-- EXERCISE MATERIAL follows --

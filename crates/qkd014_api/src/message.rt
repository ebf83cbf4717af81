// Responses that carry an error message.
ghost use Rattle.std.specs.Prelude.{◌≡◌, ◌++◌, IfOk, codes};
ghost use Rattle.std.specs.Option.{option_map};
ghost use Rattle.std.specs.Fmt.{decimal};
ghost use Rattle.qkd014_api.specs.Texts.{error_response};
ghost use Rattle.qkd014_api.specs.Fronts.{front_message, IsFrontResponse};

use http_front::{FrontRefusal, HttpResponse};
use itoa::Buffer;
use qkd_base::{Memory, Octets};
use std::alloc::Global;

// The most octets of an error's body: 14 around the message, and 33 of the longest message.
const ERROR_ROOM: usize = 47;

/// The response to octets that begin no request, after which the connection closes. For a refusal without a response it returns
/// `Memory`, so that the connection ends.
pub fn front_response(alloc: Global, refusal: &FrontRefusal) -> Result<HttpResponse, Memory>
    ensures { IfOk result (IsFrontResponse (front_message refusal.now)) }
{
    match message(refusal) {
        Some(text) => error(alloc, 400, text, true),
        None => Err(Memory),
    }
}

// The message for a refusal, if there is one.
fn message(refusal: &FrontRefusal) -> Option<&'static str>
    ensures { option_map (λ text. text.now) result ≡ front_message refusal.now }
{
    match refusal {
        FrontRefusal::BadHead | FrontRefusal::TooManyHeaders => Some("bad request head"),
        FrontRefusal::HeadTooLong => Some("head too long"),
        FrontRefusal::Chunked => Some("transfer encoding refused"),
        FrontRefusal::NoLength => Some("length missing"),
        FrontRefusal::BadLength => Some("bad length"),
        FrontRefusal::BodyTooLong => Some("body too long"),
        FrontRefusal::EndOfInput => Some("input ended"),
        FrontRefusal::NoRequest | FrontRefusal::ReadFault | FrontRefusal::Memory => None,
    }
}

/// A response with an error message.
#[tactic(auto, unfolding(crate::specs::Texts::message_body))]
pub(crate) fn error(
    alloc: Global,
    status: u16,
    text: &str,
    close: bool,
) -> Result<HttpResponse, Memory>
    ensures { IfOk result (λ response. response ≡ error_response status text.now close) }
{
    let mut body = begun(alloc)?;
    body.extend(text.as_bytes())?;
    ended(body, status, close)
}

/// A response with an error message that contains a number.
#[tactic(auto, unfolding(crate::specs::Texts::message_body))]
pub(crate) fn numbered_error(
    alloc: Global,
    status: u16,
    front: &str,
    number: u32,
    back: &str,
    close: bool,
) -> Result<HttpResponse, Memory>
    ensures { IfOk result (λ response. response ≡ error_response status (front.now ++ decimal number ++ back.now) close) }
{
    let mut digits = Buffer::new();
    let mut body = begun(alloc)?;
    body.extend(front.as_bytes())?;
    body.extend(digits.format(number).as_bytes())?;
    body.extend(back.as_bytes())?;
    ended(body, status, close)
}

// The beginning of an error's body, up to its message.
fn begun(alloc: Global) -> Result<Octets, Memory>
    ensures { IfOk result (λ body. body ≡ codes "{\"message\":\"") }
{
    let mut body = Octets::from_vec(Vec::with_capacity(alloc, ERROR_ROOM)?);
    body.extend(b"{\"message\":\"")?;
    Ok(body)
}

// Ends an error's body after its message, and makes the response.
fn ended(body: Octets, status: u16, close: bool) -> Result<HttpResponse, Memory>
    ensures { IfOk result (λ response. response ≡ record { status = status; body = body ++ codes "\"}"; close = close }) }
{
    let mut body = body;
    body.extend(b"\"}")?;
    Ok(HttpResponse {
        status,
        body,
        close,
    })
}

-- EXERCISE MATERIAL concluded --

Lines holding "decimal" in the material above are to be reported.

ghost use Rattle.std.specs.Fmt.{decimal};
    ensures { IfOk result (λ response. response ≡ error_response status (front.now ++ decimal number ++ back.now) close) }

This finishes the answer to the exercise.